From Christian to Atheist & Back Again.



My attention was drawn today to this rather stunning piece on Atheism & conversion in The New Statesman which you can read for yourself here.

Its author is A. N. Wilson, an English writer and newspaper columnist, known for his critical biographies, novels, works of popular history.

In the early 1990s, Wilson stated publicly that he was an Atheist and published a pamphlet Against Religion in the Chatto & Windus CounterBlasts series; however, religious and ecclesiological themes continue to inform his work. He claims to have lost his Christian beliefs while working on his 1990 biography of C.S. Lewis. For nearly 20 years he continued to be both a sceptic, and a prominent atheist. It was during his period of nonbelief that he wrote biographies of Jesus, St.
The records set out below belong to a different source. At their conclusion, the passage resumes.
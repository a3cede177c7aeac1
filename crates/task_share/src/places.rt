//! The places of a table, and the candidates among their keys.
ghost use Rattle.std.specs.Prelude.{◌≡◌, ◌<◌, ◌≤◌, ◌⊎◌, ◌&&◌, ◌||◌, not, nat_eq, ℕ, List, [], true, false, Some, map, length, slice_get, vec_capacity, IfSome, IfNone, OnOk, OnErr};
ghost use Rattle.std.specs.Arc.{arc_value};
ghost use Rattle.std.specs.List.{list_any};
ghost use Rattle.std.specs.Map.{values_of};
ghost use Rattle.dice_key.specs.Lawful.{IsEquality};
ghost use Rattle.task_share.specs.Asked.{By, Promised, Tasked, is_by};
ghost use Rattle.task_share.specs.Seen.{asks, waits_at, ask_count, has_place, promise_room, asker_room, wait_room};
ghost use Rattle.task_share.specs.Listed.{shares_of, names_of, AreNumbered, IsLinked, IsListed, KeepsListed, IsChanged, IsChangedAt, Turns, Joined, Left, Stays, UsesRoom};

use crate::place::{Place, settle};
use dice_key::{NoMemory, Seed};
use indexmap::IndexMap;
use small_map::SmallMap;
use std::alloc::Global;
use std::hash::Hash;
use std::mem;
use std::sync::Arc;

/// Takes a promise away from a key.
pub fn leave_promise<K: Eq + Hash + Drop, T: Drop>(
    places: &mut IndexMap<Arc<K>, Place<K, T>, Seed>,
    candidates: &mut Vec<Arc<K>>,
    key: &Arc<K>,
    number: u64,
)
    requires equality { IsEquality K.eq }
    requires linked { IsLinked K.eq places.old.entries }
    requires listed { IsListed K.eq (shares_of places.old.entries)
        (map arc_value candidates.old.items) (vec_capacity candidates.old) }
    ensures linked { IsLinked K.eq places.new.entries }
    ensures listed { IsListed K.eq (shares_of places.new.entries)
        (map arc_value candidates.new.items) (vec_capacity candidates.new) }
    ensures changed { IsChanged K.eq (arc_value key.now)
        (λ p r. Left K.eq (Promised number) p r × UsesRoom 0 0 0 p r) (shares_of places.old.entries)
        (shares_of places.new.entries) }
{
    let Some(place) = places.get_mut(key) else {
        return;
    };
    place.promises.swap_remove(number);
    settle(place, candidates);
}

/// Takes an asking task away from a key, both by number.
pub fn leave_task<K: Eq + Hash + Drop, T: Drop>(
    places: &mut IndexMap<Arc<K>, Place<K, T>, Seed>,
    candidates: &mut Vec<Arc<K>>,
    at: usize,
    asker: usize,
)
    requires equality { IsEquality K.eq }
    requires linked { IsLinked K.eq places.old.entries }
    requires listed { IsListed K.eq (shares_of places.old.entries)
        (map arc_value candidates.old.items) (vec_capacity candidates.old) }
    ensures listed { IsListed K.eq (shares_of places.new.entries)
        (map arc_value candidates.new.items) (vec_capacity candidates.new) }
    ensures linked { IsLinked K.eq places.new.entries }
    ensures names { names_of places.new.entries ≡ names_of places.old.entries }
    ensures changed { (j : K) → slice_get (names_of places.old.entries) asker ≡ Some j
        → IsChangedAt K.eq at (λ p r. Left K.eq (Tasked j) p r × UsesRoom 0 0 0 p r)
        places.old.entries places.new.entries }
{
    let Some(place) = places.get_index_mut(at) else {
        return;
    };
    place.askers.swap_remove(asker);
    settle(place, candidates);
}

/// Takes one asking task away from a key, which is given by number, and gives its number and its
/// key.
pub fn pop_asker<K: Eq + Hash + Drop, T: Drop>(
    places: &mut IndexMap<Arc<K>, Place<K, T>, Seed>,
    candidates: &mut Vec<Arc<K>>,
    at: usize,
) -> Option<(usize, Arc<K>)>
    requires equality { IsEquality K.eq }
    requires linked { IsLinked K.eq places.old.entries }
    requires listed { IsListed K.eq (shares_of places.old.entries)
        (map arc_value candidates.old.items) (vec_capacity candidates.old) }
    ensures listed { IsListed K.eq (shares_of places.new.entries)
        (map arc_value candidates.new.items) (vec_capacity candidates.new) }
    ensures named { IfSome result
        (λ r. slice_get (names_of places.old.entries) r.0 ≡ Some (arc_value r.1)) }
    ensures asked { (k : K) → slice_get (names_of places.old.entries) at ≡ Some k
        → IfSome result
        (λ r. asks K.eq (shares_of places.old.entries) k (Tasked (arc_value r.1)) ≡ true) }
    ensures some { IfSome result (λ a. IsChangedAt K.eq at
        (λ p r. Left K.eq (Tasked (arc_value a.1)) p r × UsesRoom 0 0 0 p r) places.old.entries
        places.new.entries) }
    ensures fewer { IfSome result
        (λ r. ask_count (shares_of places.new.entries) < ask_count (shares_of places.old.entries)) }
    ensures alone { (k : K) → slice_get (names_of places.old.entries) at ≡ Some k
        → IfNone result ((j : K) → asks K.eq (shares_of places.old.entries) k (Tasked j) ≡ false) }
    ensures none { IfNone result (IsChangedAt K.eq at (λ p r. Stays K.eq p r × UsesRoom 0 0 0 p r)
        places.old.entries places.new.entries) }
{
    let Some(place) = places.get_index_mut(at) else {
        return None;
    };
    let asker = place.askers.pop();
    settle(place, candidates);
    asker
}

/// Writes a task to the place of a key.
pub fn put_task<K: Eq + Hash + Drop, T: Drop>(
    places: &mut IndexMap<Arc<K>, Place<K, T>, Seed>,
    candidates: &mut Vec<Arc<K>>,
    key: &Arc<K>,
    task: T,
)
    requires equality { IsEquality K.eq }
    requires linked { IsLinked K.eq places.old.entries }
    requires place { has_place K.eq (shares_of places.old.entries) (arc_value key.now) ≡ true }
    requires listed { IsListed K.eq (shares_of places.old.entries)
        (map arc_value candidates.old.items) (vec_capacity candidates.old) }
    ensures linked { IsLinked K.eq places.new.entries }
    ensures listed { IsListed K.eq (shares_of places.new.entries)
        (map arc_value candidates.new.items) (vec_capacity candidates.new) }
    ensures changed { IsChanged K.eq (arc_value key.now) (λ p r. Turns K.eq (λ t. Some task)
        (λ e. true) (λ x b. b) (λ d b. b) p r × UsesRoom 0 0 0 p r) (shares_of places.old.entries)
        (shares_of places.new.entries) }
{
    let Some(place) = places.get_mut(key) else {
        return;
    };
    place.task = Some(task);
    place.live = true;
    settle(place, candidates);
}

/// Writes a task that has ended to the place of a key, which is given by number, and takes the
/// waits of the place out.
pub fn put_ended<K: Eq + Hash + Drop, T: Drop>(
    places: &mut IndexMap<Arc<K>, Place<K, T>, Seed>,
    alloc: Global,
    at: usize,
    task: T,
) -> SmallMap<K>
    requires equality { IsEquality K.eq }
    requires linked { IsLinked K.eq places.old.entries }
    requires place { (k : K) → slice_get (names_of places.old.entries) at ≡ Some k
        → has_place K.eq (shares_of places.old.entries) k ≡ true }
    ensures listed { KeepsListed K.eq (shares_of places.old.entries)
        (shares_of places.new.entries) }
    ensures numbered { AreNumbered (names_of places.new.entries) result.entries }
    ensures waits { (k : K) → slice_get (names_of places.old.entries) at ≡ Some k
        → map arc_value (values_of result.entries)
        ≡ waits_at K.eq (shares_of places.old.entries) k }
    ensures changed { IsChangedAt K.eq at (λ p r. Turns K.eq (λ t. Some task) (λ e. false)
        (λ x b. b) (λ d b. false) p r × UsesRoom 0 0 p.wait_room p r) places.old.entries
        places.new.entries }
{
    let none = SmallMap::new(alloc);
    let Some(free) = places.get_index_mut(at) else {
        return none;
    };
    free.task = Some(task);
    free.live = false;
    mem::replace(&mut free.waits, none)
}

/// Notes that the task of a key has ended, and takes its waits out. The key is given by number.
pub fn end_task<K: Eq + Hash + Drop, T: Drop>(
    places: &mut IndexMap<Arc<K>, Place<K, T>, Seed>,
    alloc: Global,
    at: usize,
) -> SmallMap<K>
    requires equality { IsEquality K.eq }
    requires linked { IsLinked K.eq places.old.entries }
    ensures listed { KeepsListed K.eq (shares_of places.old.entries)
        (shares_of places.new.entries) }
    ensures numbered { AreNumbered (names_of places.new.entries) result.entries }
    ensures waits { (k : K) → slice_get (names_of places.old.entries) at ≡ Some k
        → map arc_value (values_of result.entries)
        ≡ waits_at K.eq (shares_of places.old.entries) k }
    ensures changed { IsChangedAt K.eq at (λ p r. Turns K.eq (λ t. t) (λ e. false) (λ x b. b)
        (λ d b. false) p r × UsesRoom 0 0 p.wait_room p r) places.old.entries places.new.entries }
{
    let none = SmallMap::new(alloc);
    let Some(place) = places.get_index_mut(at) else {
        return none;
    };
    place.live = false;
    mem::replace(&mut place.waits, none)
}

/// Takes a key out of those that the task of another one waits for, both by number.
pub fn drop_wait<K: Eq + Hash + Drop, T: Drop>(
    places: &mut IndexMap<Arc<K>, Place<K, T>, Seed>,
    at: usize,
    asked: usize,
)
    requires equality { IsEquality K.eq }
    requires linked { IsLinked K.eq places.old.entries }
    ensures listed { KeepsListed K.eq (shares_of places.old.entries)
        (shares_of places.new.entries) }
    ensures changed { (d : K) → slice_get (names_of places.old.entries) asked ≡ Some d
        → IsChangedAt K.eq at (λ p r. Turns K.eq (λ t. t) (λ e. e) (λ x b. b)
        (λ c b. b && not (K.eq d c)) p r × UsesRoom 0 0 0 p r) places.old.entries
        places.new.entries }
{
    let Some(place) = places.get_index_mut(at) else {
        return;
    };
    place.waits.swap_remove(asked);
}

/// Adds a promise to a key, in room made ahead.
pub fn add_promise<K: Eq + Hash + Drop, T: Drop>(
    places: &mut IndexMap<Arc<K>, Place<K, T>, Seed>,
    key: &Arc<K>,
    number: u64,
)
    requires equality { IsEquality K.eq }
    requires linked { IsLinked K.eq places.old.entries }
    requires room { (asks K.eq (shares_of places.old.entries) (arc_value key.now) (Promised number)
        ≡ true) ⊎ (0 < promise_room K.eq (shares_of places.old.entries) (arc_value key.now)) }
    ensures linked { IsLinked K.eq places.new.entries }
    ensures listed { KeepsListed K.eq (shares_of places.old.entries)
        (shares_of places.new.entries) }
    ensures changed { IsChanged K.eq (arc_value key.now)
        (λ p r. Joined K.eq (Promised number) p r × UsesRoom 1 0 0 p r)
        (shares_of places.old.entries) (shares_of places.new.entries) }
{
    let Some(place) = places.get_mut(key) else {
        return;
    };
    let _ = place.promises.insert(number);
}

/// Adds an asking task, with its number, to a key, which is given by number, in room made ahead.
pub fn add_asker<K: Eq + Hash + Drop, T: Drop>(
    places: &mut IndexMap<Arc<K>, Place<K, T>, Seed>,
    at: usize,
    number: usize,
    asker: Arc<K>,
)
    requires equality { IsEquality K.eq }
    requires linked { IsLinked K.eq places.old.entries }
    requires named { slice_get (names_of places.old.entries) number ≡ Some (arc_value asker) }
    requires room { (k : K) → slice_get (names_of places.old.entries) at ≡ Some k
        → (asks K.eq (shares_of places.old.entries) k (Tasked (arc_value asker)) ≡ true)
        ⊎ (0 < asker_room K.eq (shares_of places.old.entries) k) }
    ensures listed { KeepsListed K.eq (shares_of places.old.entries)
        (shares_of places.new.entries) }
    ensures changed { IsChangedAt K.eq at
        (λ p r. Joined K.eq (Tasked (arc_value asker)) p r × UsesRoom 0 1 0 p r) places.old.entries
        places.new.entries }
{
    let Some(place) = places.get_index_mut(at) else {
        return;
    };
    let _ = place.askers.insert(number, asker);
}

/// Adds a key, with its number, to those that the task of another one waits for, in room made
/// ahead. That one is given by number.
pub fn add_wait<K: Eq + Hash + Drop, T: Drop>(
    places: &mut IndexMap<Arc<K>, Place<K, T>, Seed>,
    at: usize,
    number: usize,
    asked: Arc<K>,
)
    requires equality { IsEquality K.eq }
    requires linked { IsLinked K.eq places.old.entries }
    requires named { slice_get (names_of places.old.entries) number ≡ Some (arc_value asked) }
    requires room { (k : K) → slice_get (names_of places.old.entries) at ≡ Some k
        → (list_any (K.eq (arc_value asked)) (waits_at K.eq (shares_of places.old.entries) k)
        ≡ true) ⊎ (0 < wait_room K.eq (shares_of places.old.entries) k) }
    ensures listed { KeepsListed K.eq (shares_of places.old.entries)
        (shares_of places.new.entries) }
    ensures changed { IsChangedAt K.eq at (λ p r. Turns K.eq (λ t. t) (λ e. e) (λ x b. b)
        (λ d b. b || K.eq (arc_value asked) d) p r × UsesRoom 0 0 1 p r) places.old.entries
        places.new.entries }
{
    let Some(place) = places.get_index_mut(at) else {
        return;
    };
    let _ = place.waits.insert(number, asked);
}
Paul, and a history of atheism in the 19th century entitled God's Funeral, the latter describing the growth of atheism as due to combination of many influences ranging from David Hume to Sigmund Freud. These and many other of his books such as those on Leo Tolstoy (Whitbread Award for best biography of 1988), C. S. Lewis, Hilaire Belloc are all simultaneously sympathetic to and critical of religious belief. However, in April 2009, he published this and other articles in The New Statesman and Daily Mail affirming his rediscovery of faith, and conversion to Christianity, attacking at the same time in the Daily Mail article both academic and media Atheists. Since that time, Wilson has published Dante in Love (2011) presenting a study of the great Italian poet, Dante Alighieri, as an artist and philosopher, also depicting an in-depth portrait of medieval Florence to help readers understand the literary and cultural background which engendered the Tuscan's masterpiece, The Divine Comedy.

The article states:
Watching a whole cluster of friends, and my own mother, die over quite a short space of time convinced me that purely materialist "explanations" for our mysterious human existence simply won't do - on an intellectual level. The phenomenon of language alone should give us pause. A materialist Darwinian was having dinner with me a few years ago and we laughingly alluded to how, as years go by, one forgets names. Eager, as committed Darwinians often are, to testify on any occasion, my friend asserted: "It is because when we were simply anthropoid apes, there was no need to distinguish between one another by giving names."
This credal confession struck me as just as superstitious as believing in the historicity of Noah's Ark. More so, really.
Do materialists really think that language just "evolved", like finches' beaks, or have they simply never thought about the matter rationally? Where's the evidence? How could it come about that human beings all agreed that particular grunts carried particular connotations? How could it have come about that groups of anthropoid apes developed the amazing morphological complexity of a single sentence, let alone the whole grammatical mystery which has engaged Chomsky and others in our lifetime and linguists for time out of mind? No, the existence of language is one of the many phenomena - of which love and music are the two strongest - which suggest that human beings are very much more than collections of meat. They convince me that we are spiritual beings, and that the religion of the incarnation, asserting that God made humanity in His image, and continually restores humanity in His image, is simply true. As a working blueprint for life, as a template against which to measure experience, it fits.
Please do read the whole thing though, it is very well written!